I propose in these lectures to explore the future as Weinberg in his book
explored the past. My arguments will be rough and simple but always
quantitative. The aim is to establish numerical bounds within which the
destiny of the universe must lie. I shall make no further apology for mixing
philosophical speculations with mathematical equations.
...

The prevailing view (Weinberg, 1977) holds the future of open and closed
universes to be equally dismal. According to this view, we have only the
choice of being fried in a closed universe or frozen in an open one. The end
of the closed universe has been studied in detail by Rees (1969).
Regrettably
I have to concur with Rees' verdict that in this case we have no escape from
frying. No matter how deep we burrow into the earth to shield ourselves from
the ever-increasing fury of the blue-shifted background radiation, we can only
postpone by a few million years our miserable end. I shall not discuss the
closed universe in detail, since it gives me a feeling of claustrophobia to
imagine our whole existence confined within the box (4).
I only raise one
question which may offer us a thin chance of survival. Supposing that we
discover the universe to be naturally closed and doomed to collapse, is it
conceivable that by intelligent intervention, converting matter into radiation
and causing energy to flow purposefully on a cosmic scale, we could break open
a closed universe and change the topology of space-time so that only a part of
it would collapse and another part of it would expand forever? I do not know
the answer to this question.
If it turns out that the universe is closed, we
shall still have about 10^10 years to explore the possibility of a
technological fix that would burst it open.

...

(1) Does the universe freeze into a state of permanent physical quiescence as
it expands and cools?

(2) Is it possible for life and intelligence to survive indefinitely?

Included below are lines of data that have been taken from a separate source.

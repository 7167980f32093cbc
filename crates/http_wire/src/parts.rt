//! Bytes in parts are written by few writes.
ghost use Rattle.std.specs.Prelude.{◌≡◌, ◌++◌, [], OnOk, OnErr};
ghost use Rattle.lake_base.specs.Outside.{HasCause};
ghost use Rattle.http_wire.specs.SinkFronts.{Wrote, WroteFront, Shows, joined};

use crate::write::write_all;
use arrayvec::ArrayVec;
use lake_base::{Failed, Sink};

// How many bytes are pending at most.
const ROOM: usize = 1_024;

/// Writes the parts one behind the other: together what is short, and what is long alone. It takes no memory.
pub(crate) fn write_parts<W: Sink>(sink: &mut W, parts: &[&[u8]]) -> Result<(), Failed>
    ensures all { OnOk result (Wrote (W.written sink.old) (W.written sink.new) (joined parts.now)) }
    ensures front { OnErr result (WroteFront (W.written sink.old) (W.written sink.new) (joined parts.now)) }
    ensures cause { HasCause (W.faults sink.old) (W.faults sink.new) result }
{
    let mut pending: ArrayVec<u8, ROOM> = ArrayVec::new();
    for part in parts {
        show(sink, &mut pending, part)?;
    }
    write_all(sink, pending.as_slice())
}

// Shows a text: it stays pending where there is room for it, else it is written behind what was pending.
fn show<W: Sink>(sink: &mut W, pending: &mut ArrayVec<u8, ROOM>, text: &[u8]) -> Result<(), Failed>
    ensures shown { OnOk result
        (Shows (W.written sink.old) (W.written sink.new) pending.old.items text.now pending.new.items) }
    ensures front { OnErr result
        (WroteFront (W.written sink.old) (W.written sink.new) (pending.old.items ++ text.now)) }
    ensures cause { HasCause (W.faults sink.old) (W.faults sink.new) result }
{
    if pending.try_extend_from_slice(text).is_ok() {
        return Ok(());
    }
    write_all(sink, pending.as_slice())?;
    pending.clear();
    write_all(sink, text)
}
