//! Bytes that were read ahead.
ghost use Rattle.std.specs.Prelude.{◌≡◌, ◌≤◌, ◌<◌, ◌+◌, [], length, drop, take, IfOk, IfSome, IfErr};
ghost use Rattle.std.specs.Prelude.{OnErr, slice_range, vec_len};
ghost use Rattle.lake_base.specs.Outside.{HasCause, Reads};
ghost use Rattle.http_wire.specs.Filling.{Filled, Grown, HasReadCause, IsFillFault};

use crate::fault::WireFault;
use lake_base::{Failed, NoMemory, Source};
use std::alloc::Global;
use std::marker::Model;

// How many bytes are read ahead at most: the longest head.
const ROOM: usize = 16_384;

/// Bytes that were read ahead of what was asked for, at most 16,384. Contracts see these bytes.
#[derive(Debug, Drop)]
pub struct Buffer {
    room: Vec<u8>,
    start: usize,
    end: usize,
}

impl Model for Buffer {
    ghost use Rattle.std.specs.Prelude.{List, ℕ, ◌≤◌, vec_len, slice_range};
    ghost use Rattle.http_wire.specs.declared.buffer.TheConstants.{ROOM};

    ghost Value = { List ℕ };

    ghost view = { λ buffer. slice_range buffer.room.items buffer.start buffer.end };

    ghost invariant = { λ buffer. (buffer.start ≤ buffer.end) × (buffer.end ≤ vec_len buffer.room)
        × (vec_len buffer.room ≤ ROOM) };
}

impl Buffer {
    /// Nothing was read ahead. It takes no memory.
    pub fn new(alloc: Global) -> Buffer
        ensures { result ≡ [] }
    {
        Buffer {
            room: Vec::new(alloc),
            start: 0,
            end: 0,
        }
    }

    /// The bytes.
    pub(crate) fn held(&self) -> &[u8]
        ensures same { result.now ≡ self.now }
        ensures within { length result.now ≤ 16384 }
    {
        &self.room[self.start..self.end]
    }

    /// The first of them are taken out.
    pub(crate) fn skip(&mut self, count: usize)
        requires { count ≤ length self.old }
        ensures { self.new ≡ drop count self.old }
    {
        self.start += count;
    }

    /// Reads more bytes, by one read, and answers how many came: 0 means that the source ended.
    pub(crate) fn fill<S: Source>(&mut self, source: &mut S) -> Result<usize, WireFault>
        requires { length self.old < 16384 }
        ensures reads { IfOk result (λ n. IfSome (S.left source.old) (Filled self.old self.new (S.left source.new) n)) }
        ensures grown { IfOk result (Grown self.old self.new) }
        ensures fault { IfErr result (IsFillFault (S.left source.old) (S.left source.new)) }
        ensures cause { HasReadCause (S.faults source.old) (S.faults source.new) result }
    {
        (self.start, self.end) = make_room(&mut self.room, self.start, self.end)?;
        match read_behind(source, &mut self.room, self.end) {
            Ok(count) => {
                self.end += count;
                Ok(count)
            }
            Err(_) => Err(WireFault::ReadFault),
        }
    }
}

// The bytes from `start` to `end` are moved where there is room behind them.
fn make_room(room: &mut Vec<u8>, start: usize, end: usize) -> Result<(usize, usize), NoMemory>
    requires ordered { start ≤ end }
    requires within { end ≤ vec_len room.old }
    requires limit { vec_len room.old ≤ 16384 }
    requires few { end < start + 16384 }
    ensures same { IfOk result (λ at. slice_range room.new.items at.0 at.1 ≡ slice_range room.old.items start end) }
    ensures room { IfOk result (λ at. (at.0 ≤ at.1) × (at.1 < vec_len room.new) × (vec_len room.new ≤ 16384)
        × (at.1 + start ≡ at.0 + end)) }
    ensures kept { OnErr result (room.new.items ≡ room.old.items) }
{
    room.resize(ROOM, 0)?;
    if start == end {
        return Ok((0, 0));
    }
    if end < ROOM {
        return Ok((start, end));
    }
    room.copy_within(start..end, 0);
    Ok((0, end - start))
}

/// Reads into the room behind its first `end` bytes, by one read.
pub(crate) fn read_behind<S: Source>(
    source: &mut S,
    room: &mut [u8],
    end: usize,
) -> Result<usize, Failed>
    requires { end ≤ length room.old }
    ensures front { take end room.new ≡ take end room.old }
    ensures within { IfOk result (λ n. end + n ≤ length room.old) }
    ensures reads { IfOk result (λ n. IfSome (S.left source.old)
        (λ left. Reads left (S.left source.new) (drop end room.old) (drop end room.new) n)) }
    ensures failed { OnErr result (S.left source.new ≡ S.left source.old) }
    ensures cause { HasCause (S.faults source.old) (S.faults source.new) result }
{
    source.read(&mut room[end..])
}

(3) Is it possible to maintain communication and transmit information across
the constantly expanding distances between galaxies?

Tentatively, I shall answer them with a no, a yes, and a maybe. My answers are
perhaps only a reflection of my optimistic philosophical bias. I do not expect
everybody to agree with the answers. My purpose is to start people thinking
seriously about the questions.


I found it funny, that some people here are thinking in time scales like this, and of engineering pocket lifeboat universes, or entirely new ones... and an article writer thinks only in terms smaller and shorter timescales than stellar engineering can handle!
The Sun running out of fuel in its core, or the Earth stopping spinning because of tidal friction, or the galaxies in our neighborhood all dropping in for a visit... These are small problems. (Unless we go extinct when the oil runs out, that is).